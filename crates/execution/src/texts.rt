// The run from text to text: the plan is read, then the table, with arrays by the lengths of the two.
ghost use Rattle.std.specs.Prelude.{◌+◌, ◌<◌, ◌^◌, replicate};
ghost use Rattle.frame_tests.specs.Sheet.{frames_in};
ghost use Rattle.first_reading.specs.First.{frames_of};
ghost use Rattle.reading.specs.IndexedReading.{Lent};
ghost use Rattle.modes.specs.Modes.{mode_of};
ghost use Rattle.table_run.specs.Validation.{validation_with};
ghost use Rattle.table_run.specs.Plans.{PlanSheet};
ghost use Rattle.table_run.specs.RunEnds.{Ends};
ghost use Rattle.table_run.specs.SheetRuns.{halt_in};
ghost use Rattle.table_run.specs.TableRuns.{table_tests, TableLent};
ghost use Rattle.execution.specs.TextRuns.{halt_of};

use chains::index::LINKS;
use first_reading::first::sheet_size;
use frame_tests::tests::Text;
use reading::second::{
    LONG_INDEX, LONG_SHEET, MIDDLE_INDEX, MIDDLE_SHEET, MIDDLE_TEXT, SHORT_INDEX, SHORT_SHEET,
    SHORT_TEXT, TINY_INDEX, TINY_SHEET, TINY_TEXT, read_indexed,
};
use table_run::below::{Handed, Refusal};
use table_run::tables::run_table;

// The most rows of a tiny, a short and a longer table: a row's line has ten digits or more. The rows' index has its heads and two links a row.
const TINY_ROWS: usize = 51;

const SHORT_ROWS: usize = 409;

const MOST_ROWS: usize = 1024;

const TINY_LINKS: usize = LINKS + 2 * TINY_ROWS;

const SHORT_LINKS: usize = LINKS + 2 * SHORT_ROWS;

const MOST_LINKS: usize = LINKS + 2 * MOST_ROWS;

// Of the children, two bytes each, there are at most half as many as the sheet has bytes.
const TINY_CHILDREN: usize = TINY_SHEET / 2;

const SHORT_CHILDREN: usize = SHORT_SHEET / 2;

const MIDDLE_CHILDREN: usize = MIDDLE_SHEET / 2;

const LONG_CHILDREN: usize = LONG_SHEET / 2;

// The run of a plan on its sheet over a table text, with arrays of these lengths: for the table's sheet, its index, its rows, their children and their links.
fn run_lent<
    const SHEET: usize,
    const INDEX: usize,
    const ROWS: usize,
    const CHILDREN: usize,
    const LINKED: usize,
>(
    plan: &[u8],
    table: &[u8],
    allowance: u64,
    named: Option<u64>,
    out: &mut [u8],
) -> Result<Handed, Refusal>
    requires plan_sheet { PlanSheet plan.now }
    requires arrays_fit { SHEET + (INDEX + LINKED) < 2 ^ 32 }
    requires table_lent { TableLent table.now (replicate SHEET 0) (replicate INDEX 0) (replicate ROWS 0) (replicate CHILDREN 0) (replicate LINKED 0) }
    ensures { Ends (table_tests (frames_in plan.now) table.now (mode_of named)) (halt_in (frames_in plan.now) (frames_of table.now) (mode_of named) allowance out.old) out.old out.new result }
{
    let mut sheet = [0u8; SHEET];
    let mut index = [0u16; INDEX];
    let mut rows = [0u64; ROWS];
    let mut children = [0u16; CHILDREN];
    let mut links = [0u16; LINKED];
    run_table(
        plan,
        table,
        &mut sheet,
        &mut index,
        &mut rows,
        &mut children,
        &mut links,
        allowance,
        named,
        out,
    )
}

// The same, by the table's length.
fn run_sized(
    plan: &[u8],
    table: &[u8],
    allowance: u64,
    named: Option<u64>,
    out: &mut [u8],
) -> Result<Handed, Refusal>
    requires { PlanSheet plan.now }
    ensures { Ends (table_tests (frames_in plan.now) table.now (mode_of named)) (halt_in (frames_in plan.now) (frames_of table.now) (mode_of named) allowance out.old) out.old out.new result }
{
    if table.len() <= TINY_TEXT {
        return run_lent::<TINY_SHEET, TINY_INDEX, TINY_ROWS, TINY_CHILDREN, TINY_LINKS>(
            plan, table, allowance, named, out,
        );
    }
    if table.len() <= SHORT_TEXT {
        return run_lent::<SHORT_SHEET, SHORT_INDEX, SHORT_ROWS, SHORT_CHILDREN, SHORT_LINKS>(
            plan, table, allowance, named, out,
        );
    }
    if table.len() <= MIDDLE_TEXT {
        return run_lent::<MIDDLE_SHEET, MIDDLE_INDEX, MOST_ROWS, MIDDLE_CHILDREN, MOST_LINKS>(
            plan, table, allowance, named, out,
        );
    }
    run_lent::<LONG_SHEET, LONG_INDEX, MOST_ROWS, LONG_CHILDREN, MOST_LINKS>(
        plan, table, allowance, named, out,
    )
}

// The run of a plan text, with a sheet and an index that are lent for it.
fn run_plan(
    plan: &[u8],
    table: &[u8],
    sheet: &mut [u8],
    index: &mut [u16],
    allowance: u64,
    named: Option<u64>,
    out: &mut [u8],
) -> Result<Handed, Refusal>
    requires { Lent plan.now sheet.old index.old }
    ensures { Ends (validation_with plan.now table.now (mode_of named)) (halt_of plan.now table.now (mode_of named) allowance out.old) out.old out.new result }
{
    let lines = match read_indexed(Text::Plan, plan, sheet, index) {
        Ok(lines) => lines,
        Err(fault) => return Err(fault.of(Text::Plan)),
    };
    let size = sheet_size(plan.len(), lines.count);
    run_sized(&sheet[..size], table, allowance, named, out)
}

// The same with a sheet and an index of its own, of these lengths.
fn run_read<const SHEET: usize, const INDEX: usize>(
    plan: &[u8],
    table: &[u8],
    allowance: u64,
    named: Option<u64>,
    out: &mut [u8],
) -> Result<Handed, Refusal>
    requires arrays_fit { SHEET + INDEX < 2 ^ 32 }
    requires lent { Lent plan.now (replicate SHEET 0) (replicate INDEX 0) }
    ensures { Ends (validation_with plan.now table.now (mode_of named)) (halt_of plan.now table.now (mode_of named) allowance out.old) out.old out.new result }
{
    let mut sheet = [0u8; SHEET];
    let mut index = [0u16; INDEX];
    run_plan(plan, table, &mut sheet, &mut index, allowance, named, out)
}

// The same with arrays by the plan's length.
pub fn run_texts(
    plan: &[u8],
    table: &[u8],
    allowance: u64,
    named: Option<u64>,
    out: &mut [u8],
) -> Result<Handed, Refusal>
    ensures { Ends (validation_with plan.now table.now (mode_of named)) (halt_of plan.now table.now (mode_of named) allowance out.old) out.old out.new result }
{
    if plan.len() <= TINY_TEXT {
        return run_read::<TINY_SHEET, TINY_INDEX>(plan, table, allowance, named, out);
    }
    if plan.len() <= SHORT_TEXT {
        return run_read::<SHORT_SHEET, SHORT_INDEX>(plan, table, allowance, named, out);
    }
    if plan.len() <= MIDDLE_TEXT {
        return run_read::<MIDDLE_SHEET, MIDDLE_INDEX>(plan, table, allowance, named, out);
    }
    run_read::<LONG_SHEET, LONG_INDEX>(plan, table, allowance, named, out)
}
▬▬▬▬▬▬▬▬▬▬
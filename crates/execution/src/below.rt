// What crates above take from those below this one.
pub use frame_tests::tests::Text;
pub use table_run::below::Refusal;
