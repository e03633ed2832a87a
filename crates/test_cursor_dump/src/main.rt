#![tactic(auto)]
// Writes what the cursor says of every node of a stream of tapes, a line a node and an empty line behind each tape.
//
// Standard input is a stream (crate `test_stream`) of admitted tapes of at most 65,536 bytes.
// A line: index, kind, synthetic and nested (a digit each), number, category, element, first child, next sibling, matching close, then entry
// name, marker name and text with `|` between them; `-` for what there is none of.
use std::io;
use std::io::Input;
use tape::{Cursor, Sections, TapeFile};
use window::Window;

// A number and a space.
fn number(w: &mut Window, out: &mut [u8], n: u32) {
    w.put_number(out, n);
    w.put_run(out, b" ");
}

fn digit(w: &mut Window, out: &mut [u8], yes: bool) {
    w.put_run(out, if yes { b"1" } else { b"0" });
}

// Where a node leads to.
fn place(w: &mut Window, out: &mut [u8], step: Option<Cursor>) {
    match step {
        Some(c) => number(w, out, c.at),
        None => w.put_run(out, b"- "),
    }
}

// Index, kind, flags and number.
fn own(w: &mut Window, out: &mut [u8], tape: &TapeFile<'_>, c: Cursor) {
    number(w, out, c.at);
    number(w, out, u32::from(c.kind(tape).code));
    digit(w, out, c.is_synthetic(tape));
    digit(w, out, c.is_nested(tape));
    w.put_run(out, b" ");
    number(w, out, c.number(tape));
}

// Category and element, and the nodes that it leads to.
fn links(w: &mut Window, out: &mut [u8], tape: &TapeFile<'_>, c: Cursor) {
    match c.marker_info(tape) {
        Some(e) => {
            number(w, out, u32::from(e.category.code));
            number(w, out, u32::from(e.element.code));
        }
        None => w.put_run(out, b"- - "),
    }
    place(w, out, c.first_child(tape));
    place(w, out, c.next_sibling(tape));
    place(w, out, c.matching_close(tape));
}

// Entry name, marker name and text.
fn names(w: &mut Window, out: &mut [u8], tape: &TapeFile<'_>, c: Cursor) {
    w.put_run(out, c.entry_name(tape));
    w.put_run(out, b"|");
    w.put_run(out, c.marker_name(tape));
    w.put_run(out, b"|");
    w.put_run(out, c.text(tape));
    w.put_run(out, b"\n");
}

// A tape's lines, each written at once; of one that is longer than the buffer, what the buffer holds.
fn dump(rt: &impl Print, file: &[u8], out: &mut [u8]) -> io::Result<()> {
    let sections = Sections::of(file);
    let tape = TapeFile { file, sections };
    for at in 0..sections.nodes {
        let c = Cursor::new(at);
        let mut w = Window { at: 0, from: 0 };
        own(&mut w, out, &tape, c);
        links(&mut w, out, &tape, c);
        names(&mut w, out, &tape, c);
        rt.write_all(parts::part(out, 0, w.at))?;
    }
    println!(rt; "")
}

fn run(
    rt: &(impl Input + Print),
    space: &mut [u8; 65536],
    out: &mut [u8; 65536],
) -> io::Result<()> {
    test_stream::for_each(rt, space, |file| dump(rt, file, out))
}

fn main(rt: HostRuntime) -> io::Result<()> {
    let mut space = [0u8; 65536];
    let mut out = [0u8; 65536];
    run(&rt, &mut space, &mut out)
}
▬▬▬▬▬▬▬▬▬▬
= WORK REQUIRED =
In the listing above, find the line with "filename crates/execution/src/texts.rt" and the line with "const LONG_CHILDREN: usize = LONG_SHEET / 2;", then print exactly those lines and every line between them.

= SOLUTION FOR THIS TASK =
filename crates/execution/src/texts.rt
// The run from text to text: the plan is read, then the table, with arrays by the lengths of the two.
ghost use Rattle.std.specs.Prelude.{◌+◌, ◌<◌, ◌^◌, replicate};
ghost use Rattle.frame_tests.specs.Sheet.{frames_in};
ghost use Rattle.first_reading.specs.First.{frames_of};
ghost use Rattle.reading.specs.IndexedReading.{Lent};
ghost use Rattle.modes.specs.Modes.{mode_of};
ghost use Rattle.table_run.specs.Validation.{validation_with};
ghost use Rattle.table_run.specs.Plans.{PlanSheet};
ghost use Rattle.table_run.specs.RunEnds.{Ends};
ghost use Rattle.table_run.specs.SheetRuns.{halt_in};
ghost use Rattle.table_run.specs.TableRuns.{table_tests, TableLent};
ghost use Rattle.execution.specs.TextRuns.{halt_of};

use chains::index::LINKS;
use first_reading::first::sheet_size;
use frame_tests::tests::Text;
use reading::second::{
    LONG_INDEX, LONG_SHEET, MIDDLE_INDEX, MIDDLE_SHEET, MIDDLE_TEXT, SHORT_INDEX, SHORT_SHEET,
    SHORT_TEXT, TINY_INDEX, TINY_SHEET, TINY_TEXT, read_indexed,
};
use table_run::below::{Handed, Refusal};
use table_run::tables::run_table;

// The most rows of a tiny, a short and a longer table: a row's line has ten digits or more. The rows' index has its heads and two links a row.
const TINY_ROWS: usize = 51;

const SHORT_ROWS: usize = 409;

const MOST_ROWS: usize = 1024;

const TINY_LINKS: usize = LINKS + 2 * TINY_ROWS;

const SHORT_LINKS: usize = LINKS + 2 * SHORT_ROWS;

const MOST_LINKS: usize = LINKS + 2 * MOST_ROWS;

// Of the children, two bytes each, there are at most half as many as the sheet has bytes.
const TINY_CHILDREN: usize = TINY_SHEET / 2;

const SHORT_CHILDREN: usize = SHORT_SHEET / 2;

const MIDDLE_CHILDREN: usize = MIDDLE_SHEET / 2;

const LONG_CHILDREN: usize = LONG_SHEET / 2;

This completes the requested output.